Skocz do zawartości
  • 0

Najbardziej "WĘDKARSKI" region Polski - gdzie waszym zdaniem...?


robbertzam

Pytanie

Chciałem się dowiedzieć, który region Polski Waszym zdaniem jest najbliższy "wędkarskiemu rajowi". 

Pytam bo po kilkunastu już latach spędzonych na emigracji poważnie przymierzam się do powrotu do naszego pięknego kraju. Może niektórym wydawać się dziwne, że koleś wybiera miejsce do życia pod kątem swojego hobby ale nie będę ukrywał, że jest to dość ważny aspekt mojego życia i jest to jeden z czynników, który poważnie barny jest pod uwagę przez moją rodzinę, kiedy jeździmy palcem po mapie. Niekoniecznie muszę mieszkać tuż obok i mieć jezioro za oknem ale fajnie byłoby mieć z tyłu głowy że do takiego miejsca mam godzinę max dwie...

Nie proszę Was o nazwę jeziora, czy też podanie nazwy ulubionej miejscówki. Bardziej chodzi mi o region Polski, który ma potencjał, jest bogaty w łowiska, gdzie istnieje szansa na uderzenie więcej niż jednego szczupaka i paru okonków na weekend. Mam swoje typy ale chciałbym usłyszeć Wasze opinie.

  • Like 4
Odnośnik do komentarza
Udostępnij na innych stronach

Rekomendowane odpowiedzi

  • 0

Wybierając jakiś czas temu kierowałem się podobnymi kryteriami i wyszło, że pomorskie :)

Tylko robota mnie znalazła w Warszawie i zamieniłem na jakiś dramat wędkarski  :(....

Też się obawiam podobnej sytuacji. Dlatego żeby temu zapobiec, jak już tylko znajdę to moje miejsce na ziemi, otwieram wątek na JB pt. "Szukam pracy" zawód: wędkarz; specjalność:spinning....i  najchętniej na cały etat, może być nawet za płace minimalną...a niech tam!  ;)  ;)  ;)

  • Like 1
Odnośnik do komentarza
Udostępnij na innych stronach

  • 0

Pomorskie :D . Mieszkam na Kaszubach. Jezior jest sporo naprawdę. Są specjalne łowiska dla wędkarzy. Stawy w lasach. Jest i PZW :D :D .

Fakt nie jest to Irlandia i metrowe szczupaki nie są na co dzień, ale np. w szponie jak zatniesz jesiotra takiego choć by metrowego to da ci większy wycisk niż np. 1m szczupak ;) . Są łowiska dla karpiarzy, spiningistów itp. Na wiosnę byłem świadkiem jak w Mezowie wypuszczali 10000 sztuk szczupaka tak że ryby są. Nie namawiam, ale polecam  ;) 

  • Like 1
Odnośnik do komentarza
Udostępnij na innych stronach

  • 0

Pomorskie :D . Mieszkam na Kaszubach. Jezior jest sporo naprawdę. Są specjalne łowiska dla wędkarzy. Stawy w lasach. Jest i PZW :D :D .

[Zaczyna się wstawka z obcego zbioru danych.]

/// The first of some tags of that name.
fn tag_among(tags: &[Tag], name: &str) -> Option<usize>
    ensures place { result ≡ position (is_tag_named name.now) tags.now }
    ensures there { IfSome result (λ place. place < length tags.now) }
{
    tags.iter().position(|tag| tag.name.as_str() == name)
}

/// The place of the branch of that name: by the index, else among those that weren't entered yet.
fn branch_place(branches: &[Branch], index: &NameIndex, name: &str) -> Option<usize>
    requires { Knows (λ b. b.name) index.now branches.now }
    ensures place { result ≡ position (is_branch_named name.now) branches.now }
    ensures there { IfSome result (λ place. place < length branches.now) }
{
    if let Some(number) = index.number(name) {
        return Some(number as usize);
    }
    let entered = index.entered as usize;
    match branch_among(&branches[entered..], name) {
        None => None,
        Some(later) => Some(entered + later),
    }
}

/// The place of the tag of that name, in the same way.
fn tag_place(tags: &[Tag], index: &NameIndex, name: &str) -> Option<usize>
    requires { Knows (λ t. t.name) index.now tags.now }
    ensures place { result ≡ position (is_tag_named name.now) tags.now }
    ensures there { IfSome result (λ place. place < length tags.now) }
{
    if let Some(number) = index.number(name) {
        return Some(number as usize);
    }
    let entered = index.entered as usize;
    match tag_among(&tags[entered..], name) {
        None => None,
        Some(later) => Some(entered + later),
    }
}

/// The tag of that name.
fn tag_at<'a>(tags: &'a [Tag], index: &NameIndex, name: &str) -> Option<&'a Tag>
    requires { Knows (λ t. t.name) index.now tags.now }
    ensures { option_copied result ≡ find (is_tag_named name.now) tags.now }
{
    match tag_place(tags, index, name) {
        None => None,
        Some(place) => Some(&tags[place]),
    }
}

/// Whether there is a tag of that name.
fn is_tag_there(tags: &[Tag], index: &NameIndex, name: &str) -> bool
    requires { Knows (λ t. t.name) index.now tags.now }
    ensures { result ≡ list_any (is_tag_named name.now) tags.now }
{
    tag_place(tags, index, name).is_some()
}

/// Enters the name of the first branch that isn't entered yet, where there is one.
fn enter_branch(branches: &[Branch], index: &mut NameIndex) -> Result<(), AllocError>
    requires knows { Knows (λ b. b.name) index.old branches.now }
    requires count { length branches.now ≤ most_numbered }
    ensures { Knows (λ b. b.name) index.new branches.now }
{
    let next = index.entered as usize;
    if next >= branches.len() {
        return Ok(());
    }
    index.enter(branches[next].name.as_str())?;
    Ok(())
}
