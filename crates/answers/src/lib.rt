// The texts of what units answer and lack, and of profiles.
#![tactic(auto)]

mod profiles;
mod texts;

pub use profiles::ProfileRows;
pub use texts::{CellRefused, Framed, Lacking, Refused, Said, front};
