ghost use Rattle.std.specs.Prelude.{◌≡◌, true};
ghost use Rattle.profile.specs.Profile.{map_of, sound};

use crate::map::Map;

// A profile whose map and length are right: the map names only registers that may be named, and behind it are just their fields.
#[derive(Clone, Copy)]
pub struct Profile<'a> {
    pub(crate) bytes: &'a [u8],
    pub(crate) map: Map,
    ghost sound: { sound bytes.now ≡ true },
    ghost first: { map.0 ≡ map_of bytes.now },
}
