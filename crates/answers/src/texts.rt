// What a unit answers or lacks, in words.
ghost use Rattle.std.specs.Prelude.{◌≡◌, take, Some};
ghost use Rattle.desk.specs.Answers.{said_of};
ghost use Rattle.answers.specs.Texts.{refusal_text, layer_text, cell_refusal_text, frame_text, said_text, lack_text};

use cell::Layer;
use commands::Refusal;
use desk::{Frame, UnitAnswer, UnitResult};
use requests::Lack;
use std::fmt;
use words::Apart;

// The first bytes, all if there are fewer.
pub fn front(bytes: &[u8], n: usize) -> &[u8]
    ensures { result.now ≡ take n bytes.now }
{
    bytes.get(..n).unwrap_or(bytes)
}

// A refusal: its number, the register that it names, and the reason.
#[derive(Clone, Copy, Debug, PartialEq, Eq)]
pub struct Refused(pub Refusal);

impl fmt::Display for Refused {
    ghost output = { λ x. Some (refusal_text x.0) };

    fn fmt<W: fmt::Write>(&self, f: &mut fmt::Formatter<W>) -> fmt::Result {
        let Refused(refusal) = *self;
        let number = refusal.number();
        match refusal.register() {
            Some(register) => {
                let address = register.address();
                write!(f, "refused {number} {address:02X} ({refusal})")
            }
            None => write!(f, "refused {number} ({refusal})"),
        }
    }
}

fn layer_word(layer: Layer) -> &'static str
    ensures { result.now ≡ layer_text layer }
{
    match layer {
        Layer::Unit => "unit",
        Layer::Cell => "cell",
    }
}

// A refusal by a cell: the layer that refuses, the unit that it names, and the rest as of a unit's own.
#[derive(Clone, Copy, Debug, PartialEq, Eq)]
pub struct CellRefused(pub cell::Refusal);

impl fmt::Display for CellRefused {
    ghost output = { λ x. Some (cell_refusal_text x.0) };

    fn fmt<W: fmt::Write>(&self, f: &mut fmt::Formatter<W>) -> fmt::Result {
        let CellRefused(refusal) = *self;
        let layer = layer_word(refusal.layer());
        let unit = refusal.unit;
        let number = refusal.cause.number();
        match refusal.cause.register() {
            Some(register) => write!(
                f,
                "refused {layer} {unit} {number}{} ({refusal})",
                Apart(&[register.address()])
            ),
            None => write!(f, "refused {layer} {unit} {number} ({refusal})"),
        }
    }
}

// A frame: its bit count, and the bytes that its bits fill.
#[derive(Clone, Copy, Debug)]
pub struct Framed<'a>(pub &'a Frame);

impl fmt::Display for Framed<'_> {
    ghost output = { λ x. Some (frame_text x.0.now) };

    fn fmt<W: fmt::Write>(&self, f: &mut fmt::Formatter<W>) -> fmt::Result {
        let Frame { bits, buffer } = self.0;
        write!(f, "frame {bits}{}", Apart(front(buffer, bits.div_ceil(8))))
    }
}

// What a unit answered.
#[derive(Clone, Copy)]
pub struct Said<'a>(pub &'a UnitResult);

impl fmt::Display for Said<'_> {
    ghost output = { λ x. Some (said_text (said_of x.0.now)) };

    fn fmt<W: fmt::Write>(&self, f: &mut fmt::Formatter<W>) -> fmt::Result {
        match self.0 {
            Ok(UnitAnswer::Done) => f.write_str("ok"),
            Ok(UnitAnswer::Pin { is_low: true }) => f.write_str("ok low"),
            Ok(UnitAnswer::Pin { is_low: false }) => f.write_str("ok high"),
            Ok(UnitAnswer::Reply { length, buffer }) => write!(
                f,
                "ok{}",
                Apart(front(buffer, *length))
            ),
            Ok(UnitAnswer::Ticks { taken, sent: None }) => write!(f, "ok {taken}"),
            Ok(
                UnitAnswer::Ticks {
                    taken,
                    sent: Some(frame),
                },
            ) => write!(f, "ok {taken} {}", Framed(frame)),
            Ok(UnitAnswer::Heard { answer: None }) => f.write_str("ok"),
            Ok(
                UnitAnswer::Heard {
                    answer: Some(frame),
                },
            ) => write!(f, "ok {}", Framed(frame)),
            Ok(UnitAnswer::CellReply(reply)) => write!(f, "ok{}", Apart(reply.bytes())),
            Err(desk::Refusal::Unit(refusal)) => write!(f, "{}", Refused(*refusal)),
            Err(desk::Refusal::Cell(refusal)) => write!(f, "{}", CellRefused(*refusal)),
        }
    }
}

// What a unit lacks to do what a line asks.
#[derive(Clone, Copy, Debug, PartialEq, Eq)]
pub struct Lacking {
    // a number, as `requests::Cannot` has it
    pub unit: u8,
    pub lack: Lack,
}

impl fmt::Display for Lacking {
    ghost output = { λ x. Some (lack_text x.unit x.lack) };

    fn fmt<W: fmt::Write>(&self, f: &mut fmt::Formatter<W>) -> fmt::Result {
        let unit = self.unit;
        match self.lack {
            Lack::NoUnit => write!(
                f,
                "unit {unit} is not there; a line bench makes one, 0 to 7"
            ),
            Lack::IsBoxed => write!(
                f,
                "unit {unit} is boxed; the line is for a unit on the bench"
            ),
            Lack::OnBench => write!(
                f,
                "unit {unit} is on the bench; the line is for a boxed unit"
            ),
            Lack::InCell => write!(
                f,
                "unit {unit} is out of reach; a cell is made, and the line is for a unit outside of one"
            ),
            Lack::NotInCell => write!(f, "unit {unit} is no unit of the cell"),
        }
    }
}
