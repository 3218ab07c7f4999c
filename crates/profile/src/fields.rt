// A profile, and the fields in it.
ghost use Rattle.std.specs.Prelude.{◌≡◌};
ghost use Rattle.std.specs.Option.{option_map};
ghost use Rattle.registers.specs.Address.{address_of};
ghost use Rattle.profile.specs.Profile.{map_of, named_below, if_sound, field_of, lent};
ghost use Rattle.profile.specs.Reading.{bytes_of, Reads};

use crate::map::Map;
use crate::reading::Profile;
use commands::Refusal;
use registers::Register;

impl<'a> Profile<'a> {
    // The profile that the bytes are.
    pub fn read(bytes: &'a [u8]) -> Result<Profile<'a>, Refusal>
        ensures { Reads bytes.now result }
    {
        let first = bytes.first_chunk().ok_or(Refusal::Profile)?;
        let map = Map(u32::from_be_bytes(*first));
        if map.is_allowed() && bytes.len() == map.place(24) {
            Ok(Profile { bytes, map })
        } else {
            Err(Refusal::Profile)
        }
    }

    // How many registers it names.
    pub fn number_of_fields(&self) -> u32
        ensures { result ≡ named_below (map_of (bytes_of self.now)) 24 }
    {
        self.map.count_below(24)
    }

    // The field of a register, as that part of the profile's own bytes; none where it is not named. No `then`: nothing is proved of a
    // part of the profile that a closure hands on.
    pub fn field(&self, register: Register) -> Option<&'a [u8]>
        ensures { option_map (λ x. x.now) result ≡ field_of (bytes_of self.now) (address_of register) }
    {
        if self.map.names(register) {
            let at = self.map.place(register.address());
            Some(&self.bytes[at..at + register.size()])
        } else {
            None
        }
    }
}

// The calls on a profile's bytes, for those who ask one thing of them and keep no `Profile`.

// How many registers a profile names.
pub fn number_of_fields(profile: &[u8]) -> Result<u32, Refusal>
    ensures { result ≡ if_sound profile.now (named_below (map_of profile.now) 24) }
{
    Ok(Profile::read(profile)?.number_of_fields())
}

// The field of the register at an address, as that part of the profile's own bytes; none where it is not named.
pub fn field(profile: &[u8], register: u8) -> Result<Option<&[u8]>, Refusal>
    ensures { lent result ≡ if_sound profile.now (field_of profile.now register) }
{
    let profile = Profile::read(profile)?;
    // not `and_then`: nothing is proved of a part of the profile that a closure hands on
    let Ok(register) = Register::try_from(register) else {
        return Ok(None);
    };
    Ok(profile.field(register))
}
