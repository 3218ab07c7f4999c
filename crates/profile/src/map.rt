// The map of a profile: bit n stands for the register at address n.
ghost use Rattle.std.specs.Prelude.{◌≡◌, ◌≤◌};
ghost use Rattle.registers.specs.Address.{address_of};
ghost use Rattle.profile.specs.Profile.{names, names_only, named_below, place};

use registers::Register;

// Two masks beside the table of registers, proved to say what it says: so a place is two counts of ones, and what a map may name
// one comparison, with no way through the table.

// The registers of five bytes.
const WIDE: u32 = 0x0001_0C00;

// The registers that a profile may name.
const ALLOWED: u32 = 0x007F_FC7F;

#[derive(Clone, Copy)]
pub(crate) struct Map(pub(crate) u32);

impl Map {
    // Whether it names the register. `stands` of registers tests a bit of a byte only.
    pub(crate) fn names(self, register: Register) -> bool
        ensures { result ≡ names self.0 (address_of register) }
    {
        self.0 >> register.address() & 1 == 1
    }

    // Whether it names only registers that a profile may name.
    pub(crate) fn is_allowed(self) -> bool
        ensures { result ≡ names_only self.0 32 }
    {
        self.0 & ALLOWED == self.0
    }

    // How many registers it names below an address; 24 is past them all.
    pub(crate) fn count_below(self, address: u8) -> u32
        requires { address ≤ 24 }
        ensures value { result ≡ named_below self.0 address }
        ensures few { result ≤ 24 }
    {
        let low = (1u32 << address) - 1;
        (self.0 & low).count_ones()
    }

    // Where the field of the register at an address begins: after the map, and a byte for each named register below,
    // and four more for each of them that is wide.
    pub(crate) fn place(self, address: u8) -> usize
        requires { address ≤ 24 }
        ensures value { result ≡ place self.0 address }
        ensures near { result ≤ 124 }
    {
        4 + self.count_below(address) as usize
            + 4 * Map(self.0 & WIDE).count_below(address) as usize
    }
}
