// Vehicle profiles: a map of the registers that are named, and a field for each.
#![tactic(auto)]

mod fields;
mod map;
mod reading;

pub use fields::{field, number_of_fields};
pub use reading::Profile;
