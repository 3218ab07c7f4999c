// A profile explained register by register, a line for each; each line begins with blanks.
ghost use Rattle.std.specs.Prelude.{◌≡◌, Some, length, drop};
ghost use Rattle.std.specs.Fmt.{WritesOnOk};
ghost use Rattle.answers.specs.Profiles.{blanks, register_row, profile_rows};

use profile::Profile;
use registers::Register;
use std::fmt;
use std::fmt::Display;
use words::Apart;

// As many blanks as fill the column of the names.
const BLANKS: &str = "           ";

// The blanks that a name leaves in its column.
fn rest_of_column(name: &str) -> &'static str
    ensures { result.now ≡ drop (length name.now) blanks }
{
    BLANKS.get(name.len()..).unwrap_or("")
}

// The line of a register. Part by part: of a line that each named register has `{:02X}` and `{:<11}` would be most of the cost.
fn write_row<W: fmt::Write>(
    f: &mut fmt::Formatter<W>,
    register: Register,
    bytes: &[u8],
) -> fmt::Result
    ensures { WritesOnOk W.write_str_gives f.old result (register_row register bytes.now) f.new }
{
    let name = register.name();
    f.write_str("    ")?;
    Apart(&[register.address()]).fmt(f)?;
    f.write_str(" ")?;
    f.write_str(name)?;
    f.write_str(rest_of_column(name))?;
    Apart(bytes).fmt(f)?;
    f.write_str("\n")
}

// A profile: a line for each register that it names, with its address, its name and its bytes. Nothing where map or length are wrong.
#[derive(Clone, Copy, Debug, PartialEq, Eq)]
pub struct ProfileRows<'a>(pub &'a [u8]);

impl fmt::Display for ProfileRows<'_> {
    ghost output = { λ x. Some (profile_rows x.0.now) };

    fn fmt<W: fmt::Write>(&self, f: &mut fmt::Formatter<W>) -> fmt::Result {
        let Ok(profile) = Profile::read(self.0) else {
            return Ok(());
        };
        for register in Register::all() {
            if let Some(bytes) = profile.field(register) {
                write_row(f, register, bytes)?;
            }
        }
        Ok(())
    }
}
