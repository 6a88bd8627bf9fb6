// Records kept under the numbers 1 to 8 in lent storage of 32-bit words, and brought back.
#![tactic(auto)]

ghost use Rattle.std.specs.Prelude.{◌≡◌, cond, ◌&&◌, ◌∷◌};
ghost use Rattle.refusals.specs.Refusals.{numbered, answer_by};
ghost use Rattle.refusals.specs.Questions;
ghost use Rattle.history.specs.Session.{keep_number};
ghost use Rattle.recordwords.specs.Words.{words_of_record};
ghost use Rattle.keeping.specs.Storage.{entry_at, has_room, keep_no, kept_in, returned_of};

use outcomes::Refused;
use recordwords::WORDS;
use refusals::Refusal;
use refusals::question::Question;
use search::Record;

// The words of an entry, the first of which says whether something is kept; and of all eight.
const ENTRY: usize = 402;

pub const STORAGE: usize = 3216;

// Where the entry of a number begins in storage of so many words; or question 13, without room for eight records or where the number is not 1 to 8.
// A place and no slice: `keep` cuts a `&mut` there and `bring_back` a `&`, so a slice would need a function for each.
fn entry_at(words: usize, number: u32) -> Result<usize, Refusal>
    ensures { result ≡ cond (has_room words && keep_number number) (Ok (entry_at number)) (Err (numbered Questions.storage 0)) }
{
    if words < STORAGE || !(1..=8).contains(&number) {
        return Err(Question::Storage.at(0));
    }
    Ok((number as usize - 1) * ENTRY)
}

// An entry that keeps a record.
fn entry_of(rec: Record) -> [u32; ENTRY]
    ensures { result ≡ 1 ∷ words_of_record rec }
{
    let words = recordwords::words_of(rec);
    let mut entry = [1u32; ENTRY];
    entry[1..].copy_from_slice(&words);
    entry
}

// Keeps the record under the number, in place of what was kept there; or question 13. A refused call leaves the storage as it was.
pub fn keep(rec: Record, number: u32, storage: &mut [u32]) -> Result<(), Refusal>
    ensures says { result ≡ answer_by (keep_no storage.old number) }
    ensures leaves { storage.new ≡ kept_in storage.old number rec }
{
    let at = entry_at(storage.len(), number)?;
    storage[at..at + ENTRY].copy_from_slice(&entry_of(rec));
    Ok(())
}

// The record kept under the number; or question 13, and the record in hand.
pub fn bring_back(rec: Record, number: u32, storage: &[u32]) -> Result<Record, Refused>
    ensures { result ≡ returned_of storage.now number rec }
{
    let place = entry_at(storage.len(), number);
    let at = outcomes::handed_back(place, &rec)?;
    let entry = &storage[at..at + ENTRY];
    if entry[0] == 0 {
        return Err(Refused {
            refusal: Question::Storage.at(0),
            in_hand: rec,
        });
    }
    let mut words = [0u32; WORDS];
    words.copy_from_slice(&entry[1..]);
    Ok(recordwords::record_of(words))
}
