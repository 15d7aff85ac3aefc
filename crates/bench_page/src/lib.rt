// Making the bench page: a file's judgement as a page of text, in a lent buffer. Definitions: specs/.
#![tactic(auto)]

ghost use Rattle.bench_page.specs.Says.{PageSays};

use answers::Refusal;
use solver::{PROGRAM_CEILING, Unjudged};

// A row with its newline.
const ROW_LENGTH: usize = 41;

// The page of 64 lines: no page is longer.
pub const MAX_LENGTH: usize = 2665;

// Makes the page of a file's judgement by built-in trees, from no line to all lines, under the programs' ceiling, and answers its length; a refusal
// changes nothing.
pub fn make_page(file: &[u8], buffer: &mut [u8]) -> Result<usize, Unjudged>
    ensures { PageSays file.now buffer.old result buffer.new }
{
    let held = checker::check(file)?;
    let all = sets::full_set(held.model.lines);
    let found = solver::solve_built(file, 0, all, PROGRAM_CEILING)?;
    if buffer.len() < ROW_LENGTH * (held.model.lines + 1) {
        return Err(Unjudged::Refused(Refusal::Room));
    }
    Ok(page_layout::put_page(held.laid(), found.set, buffer))
}
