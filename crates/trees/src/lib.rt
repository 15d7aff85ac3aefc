// The leaf counts of the built-in trees. Definitions: specs/.
#![tactic(auto)]

ghost use Rattle.std.specs.Prelude.{◌≡◌, ◌≤◌};
ghost use Rattle.trees.specs.Built.{leaf_count};

use table::LEAF_COUNTS;

mod table;

// L(n, h): from height 2 on it is looked up; of height 1 it is n, and of height 0 it is 1, or 0 where n is 0.
pub fn leaf_count_at(n: usize, h: usize) -> u64
    requires { (n ≤ 64) × (h ≤ 8) }
    ensures { result ≡ leaf_count n h }
{
    if 1 < h {
        return LEAF_COUNTS[(h - 2) * 65 + n] as u64;
    }
    if h == 1 {
        return n as u64;
    }
    if n == 0 {
        return 0;
    }
    1
}
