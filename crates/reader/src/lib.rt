// Reading a file into lent slices. Definitions: specs/.
#![tactic(auto)]

ghost use Rattle.std.specs.Prelude.{◌≡◌, ◌≤◌, length};
ghost use Rattle.model.specs.Files.{laid_system};
ghost use Rattle.model.specs.Says.{filled};
ghost use Rattle.reader.specs.Says.{ReadSays};

use answers::Refusal;
use checker::check;
use model::{LaidFile, Model, words_in};
use numbers::read_words;

// Fills the slices with the kind and the threshold of each line.
fn read_lines(file: LaidFile, kinds: &mut [u8], thresholds: &mut [u8])
    requires { (file.model.lines ≤ length kinds.old) × (file.model.lines ≤ length thresholds.old) }
    ensures kinds { kinds.new ≡ filled 0 (laid_system file.entry).kinds kinds.old }
    ensures thresholds { thresholds.new ≡ filled 0 (laid_system file.entry).thresholds thresholds.old }
{
    for i in 0..file.model.lines {
        kinds[i] = file.kind(i);
        thresholds[i] = file.threshold(i);
    }
}

// Fills the slices with the signs, kinds, thresholds and words of a file, and answers its two counts; a refusal changes nothing.
pub fn read(
    file: &[u8],
    signs: &mut [u8],
    kinds: &mut [u8],
    thresholds: &mut [u8],
    words: &mut [u64],
) -> Result<Model, Refusal>
    ensures { ReadSays file.now signs.old kinds.old thresholds.old words.old result
        signs.new kinds.new thresholds.new words.new }
{
    let held = check(file)?;
    let m = held.model;
    let n = m.lines;
    let d = m.levels;
    if signs.len() < d || kinds.len() < n || thresholds.len() < n || words.len() < n * d {
        return Err(Refusal::Room);
    }
    let signs_at = Model::SIGNS_AT;
    let kinds_at = m.kinds_at();
    let words_at = words_in(held.bytes);
    signs[..d].copy_from_slice(&held.bytes[signs_at..kinds_at]);
    read_lines(held.laid(), kinds, thresholds);
    read_words(&held.bytes[words_at..], n * d, words);
    Ok(m)
}
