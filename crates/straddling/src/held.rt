// Does an element hold two particles: asked of the triangles or the edges that their table has at one of them, and of no table of the elements.
ghost use Rattle.std.specs.Prelude.{◌≡◌, ◌/◌, ◌<◌, length};
ghost use Rattle.lists.specs.Lists.{any, up_to};
ghost use Rattle.elements.specs.Table.{kind_is};
ghost use Rattle.straddling.specs.Tests.{triangle_holds, strap_holds_of, WalkRoom, EdgeWalkRoom, HeldRoom, HeldTold};
ghost use Rattle.mesh.specs.Widths.{end_columns};

use elements::Kind;

// Is edge i structural, and does it hold both x and y?
fn strap_holds(x: usize, y: usize, i: usize, ends: &[usize]) -> bool
    requires { i < length ends.now / end_columns }
    ensures { result ≡ strap_holds_of x y ends.now i }
{
    let n = ends.len() / mesh::END_COLUMNS;
    if ends[2 * n + i] != 1 {
        return false;
    }
    if columns::row_holds(x, i, 2, n, ends) {
        return columns::row_holds(y, i, 2, n, ends);
    }
    false
}

// Does one of the first t triangles hold both x and y? Those that hold x are asked, link by link.
fn any_triangle(x: usize, y: usize, t: usize, corners: &[usize], links: &[u16]) -> bool
    requires { WalkRoom x t corners.now links.now }
    ensures { result ≡ any (triangle_holds x y corners.now) (up_to t) }
{
    let rows = corners.len() / mesh::CORNER_COLUMNS;
    let mut at = links::first_at(x, links);
    // A chain: each place tells the next, so there is no range to go over.
    while at > 0 {
        let i = at - 1;
        if columns::row_holds(y, i, mesh::CORNER_COLUMNS, rows, corners) {
            return true;
        }
        at = links::next_at(
            x,
            i,
            mesh::CORNER_COLUMNS,
            mesh::PARTICLES,
            mesh::TRIANGLES,
            rows,
            corners,
            links,
        );
    }
    false
}

// Does one of the structural edges among the first e hold both x and y? Those that hold x are asked, link by link.
fn any_strap(x: usize, y: usize, e: usize, ends: &[usize], table: &[u16]) -> bool
    requires { EdgeWalkRoom x e ends.now table.now }
    ensures { result ≡ any (strap_holds_of x y ends.now) (up_to e) }
{
    let rows = ends.len() / mesh::END_COLUMNS;
    let mut at = links::first_at(x, table);
    // A chain: each place tells the next, so there is no range to go over.
    while at > 0 {
        let i = at - 1;
        if strap_holds(x, y, i, ends) {
            return true;
        }
        at = links::next_at(x, i, 2, mesh::PARTICLES, mesh::EDGES, rows, ends, table);
    }
    false
}

// Does an element hold both x and y, where the elements are among the first t triangles, which the one table links, or the first e edges, which the other does?
pub fn held(
    kind: Kind,
    x: usize,
    y: usize,
    t: usize,
    e: usize,
    corners: &[usize],
    ends: &[usize],
    links: &[u16],
    table: &[u16],
) -> bool
    requires { HeldRoom (kind_is kind) x t e corners.now ends.now links.now table.now }
    ensures { HeldTold (kind_is kind) x y t e corners.now ends.now result }
{
    match kind {
        Kind::Triangles => any_triangle(x, y, t, corners, links),
        Kind::Straps => any_strap(x, y, e, ends, table),
        Kind::Nothing => false,
    }
}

Fakt nie jest to Irlandia i metrowe szczupaki nie są na co dzień, ale np. w szponie jak zatniesz jesiotra takiego choć by metrowego to da ci większy wycisk niż np. 1m szczupak ;) . Są łowiska dla karpiarzy, spiningistów itp. Na wiosnę byłem świadkiem jak w Mezowie wypuszczali 10000 sztuk szczupaka tak że ryby są. Nie namawiam, ale polecam ;)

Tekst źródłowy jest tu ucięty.